▶ **Instructions for the task**
How do the records below read from their first line through the line containing "fn checked(function: Prim) -> Checked"? Write those lines out exactly.

▶ **Extracted information**
►
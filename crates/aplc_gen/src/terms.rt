//! The code of trees.
//! It must not know lines.

ghost use Rattle.std.specs.Prelude.{◌≡◌, ◌+◌, ◌<◌, ◌≤◌, ◌^◌, ◌∷◌, ◌&&◌, [], true, pos, IfOk, OnOk};
ghost use Rattle.aplc_core.specs.PlainSteps.{term_of};
ghost use Rattle.aplc_gen.specs.Emitted.{name_operand, operand, known_after, read_code, is_minus, is_times, is_constant, checked_of, checked_code, minus_code, tree_code, width};
ghost use Rattle.aplc_gen.specs.Writing.{added, site_of, slots_at, fits_term, IsLineNumber};

use crate::expressions::{emit_guard, literal, number_of};
use crate::known::Known;
use crate::site::Site;
use aplc_core::Tree;
use aplc_cprof::{Builder, CExpr, CStmt, Checked, Int};
use aplc_names::Scope;
use aplc_scalar::ScalarFn;
use aplc_syntax::{NameId, Prim};
use std::alloc::{AllocError, Global};

fn is_minus(function: Prim) -> bool
    ensures { result ≡ is_minus function }
{
    matches!(function, Prim::Scalar(ScalarFn::Sub))
}

fn is_times(function: Prim) -> bool
    ensures { result ≡ is_times function }
{
    matches!(function, Prim::Scalar(ScalarFn::Mul))
}

fn checked(function: Prim) -> Checked
    ensures { result ≡ checked_of function }
{
    match function {
        Prim::Scalar(ScalarFn::Sub) => Checked::Sub,
        Prim::Scalar(ScalarFn::Mul) => Checked::Mul,
        _ => Checked::Add,
    }
}

#[tactic(auto, using(aplc_core::proofs::TermForms::term_forms))]
fn is_constant(site: &Site, tree: &Tree) -> bool
    ensures { result ≡ is_constant (site_of site.now) (term_of tree.now) }
{
    matches!(tree, Tree::Literal(_, _, _))
}

fn name_operand(site: &Site, scope: Scope, name: NameId) -> CExpr
    requires { IsLineNumber scope }
    ensures { result ≡ name_operand (site_of site.now) scope name.0 }
{
    match scope {
        Scope::Label(line) => CExpr::Lit(line),
        _ => CExpr::Var(site.value(scope, name)),
    }
}

/// Where the value of a tree stands, with variables from `free` on not in use.
#[tactic(auto, using(aplc_core::proofs::TermForms::term_forms))]
pub fn operand(alloc: Global, site: &Site, free: u32, tree: &Tree) -> Result<CExpr, AllocError>
    requires { fits_term (slots_at site.now) (term_of tree.now) ≡ true }
    ensures { IfOk result (λ e. e ≡ operand (site_of site.now) free (term_of tree.now)) }
{
    match tree {
        Tree::Literal(_, _, numbers) => literal(alloc, number_of(numbers.as_slice())),
        Tree::Read(_, name) => Ok(name_operand(site, site.scope(*name), *name)),
        Tree::Slot(_, slot) => Ok(CExpr::Var(Int::Local(site.slot(*slot)))),
        Tree::Mono(_, function, argument) => {
            if is_minus(*function) {
                Ok(CExpr::Var(Int::Local(free)))
            } else {
                operand(alloc, site, free, argument.get())
            }
        }
        Tree::Dyad(_, _, _, _) => Ok(CExpr::Var(Int::Local(free))),
        Tree::Index(_, _, _) => Ok(CExpr::Lit(0)),
    }
}

/// The name is read: a fault where a variable may be unset and is.
fn emit_read(
    alloc: Global,
    b: &mut Builder,
    site: &Site,
    known: &Known,
    scope: Scope,
    name: NameId,
) -> Result<(), AllocError>
    ensures { OnOk result (b.new ≡ added (read_code (site_of site.now) known.now scope name.0) b.old) }
{
    match scope {
        Scope::Label(_) => Ok(()),
        _ => {
            if known.has(name.0) {
                return Ok(());
            }
            emit_guard(alloc, b, site.flag(scope, name))
        }
    }
}

/// The value is negated: it is taken from 0.
fn emit_minus(
    alloc: Global,
    b: &mut Builder,
    site: &Site,
    free: u32,
    function: Prim,
    argument: &Tree,
) -> Result<(), AllocError>
    requires { fits_term (slots_at site.now) (term_of argument.now) ≡ true }
    ensures { OnOk result (b.new ≡ added (minus_code free (is_minus function) (operand (site_of site.now) free (term_of argument.now))) b.old) }
{
    if !is_minus(function) {
        return Ok(());
    }
    let value = operand(alloc, site, free, argument)?;
    b.emit(CStmt::Check(Int::Local(free), Checked::Sub, CExpr::Lit(0), value))
}

/// A function of two numbers. A constant factor stands second.
fn check(to: u32, function: Prim, turned: bool, left: CExpr, right: CExpr) -> CStmt
    ensures { result ≡ checked_code to function turned left right }
{
    if turned {
        CStmt::Check(Int::Local(to), checked(function), right, left)
    } else {
        CStmt::Check(Int::Local(to), checked(function), left, right)
    }
}

/// The function of two numbers that stand where their trees say.
fn emit_check(
    alloc: Global,
    b: &mut Builder,
    site: &Site,
    free: u32,
    function: Prim,
    left: &Tree,
    right: &Tree,
) -> Result<(), AllocError>
    requires room { free + 1 < 2 ^ 32 }
    requires left { fits_term (slots_at site.now) (term_of left.now) ≡ true }
    requires right { fits_term (slots_at site.now) (term_of right.now) ≡ true }
    ensures { OnOk result (b.new ≡ added (checked_code free function (is_times function && is_constant (site_of site.now) (term_of left.now)) (operand (site_of site.now) (free + 1) (term_of left.now)) (operand (site_of site.now) free (term_of right.now)) ∷ []) b.old) }
{
    let x = operand(alloc, site, free + 1, left)?;
    let y = operand(alloc, site, free, right)?;
    let turned = is_times(function) && is_constant(site, left);
    b.emit(check(free, function, turned, x, y))
}

/// The code of a tree, with variables from `free` on not in use.
#[cycle(trees)]
#[tactic(auto, using(aplc_core::proofs::TermForms::term_forms))]
pub fn emit_tree(
    alloc: Global,
    b: &mut Builder,
    site: &Site,
    known: &mut Known,
    free: u32,
    tree: &Tree,
) -> Result<(), AllocError>
    requires fits { fits_term (slots_at site.now) (term_of tree.now) ≡ true }
    requires room { free + width (term_of tree.now) < 2 ^ 32 }
    ensures code { OnOk result (b.new ≡ added (tree_code (site_of site.now) known.old free (term_of tree.now)) b.old) }
    ensures known { OnOk result (known.new ≡ known_after known.old (term_of tree.now)) }
{
    match tree {
        Tree::Read(_, name) => {
            emit_read(alloc, b, site, known, site.scope(*name), *name)?;
            known.add(name.0)
        }
        Tree::Mono(_, function, argument) => {
            emit_tree(alloc, b, site, known, free, argument.get())?;
            emit_minus(alloc, b, site, free, *function, argument.get())
        }
        Tree::Dyad(_, function, left, right) => {
            emit_tree(alloc, b, site, known, free, right.get())?;
            emit_tree(alloc, b, site, known, free + 1, left.get())?;
            emit_check(alloc, b, site, free, *function, left.get(), right.get())
        }
        _ => Ok(()),
    }
}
◄
▶ **Response for this exercise**
filename crates/aplc_gen/src/terms.rt
//! The code of trees.
//! It must not know lines.

ghost use Rattle.std.specs.Prelude.{◌≡◌, ◌+◌, ◌<◌, ◌≤◌, ◌^◌, ◌∷◌, ◌&&◌, [], true, pos, IfOk, OnOk};
ghost use Rattle.aplc_core.specs.PlainSteps.{term_of};
ghost use Rattle.aplc_gen.specs.Emitted.{name_operand, operand, known_after, read_code, is_minus, is_times, is_constant, checked_of, checked_code, minus_code, tree_code, width};
ghost use Rattle.aplc_gen.specs.Writing.{added, site_of, slots_at, fits_term, IsLineNumber};

use crate::expressions::{emit_guard, literal, number_of};
use crate::known::Known;
use crate::site::Site;
use aplc_core::Tree;
use aplc_cprof::{Builder, CExpr, CStmt, Checked, Int};
use aplc_names::Scope;
use aplc_scalar::ScalarFn;
use aplc_syntax::{NameId, Prim};
use std::alloc::{AllocError, Global};

fn is_minus(function: Prim) -> bool
    ensures { result ≡ is_minus function }
{
    matches!(function, Prim::Scalar(ScalarFn::Sub))
}

fn is_times(function: Prim) -> bool
    ensures { result ≡ is_times function }
{
    matches!(function, Prim::Scalar(ScalarFn::Mul))
}

fn checked(function: Prim) -> Checked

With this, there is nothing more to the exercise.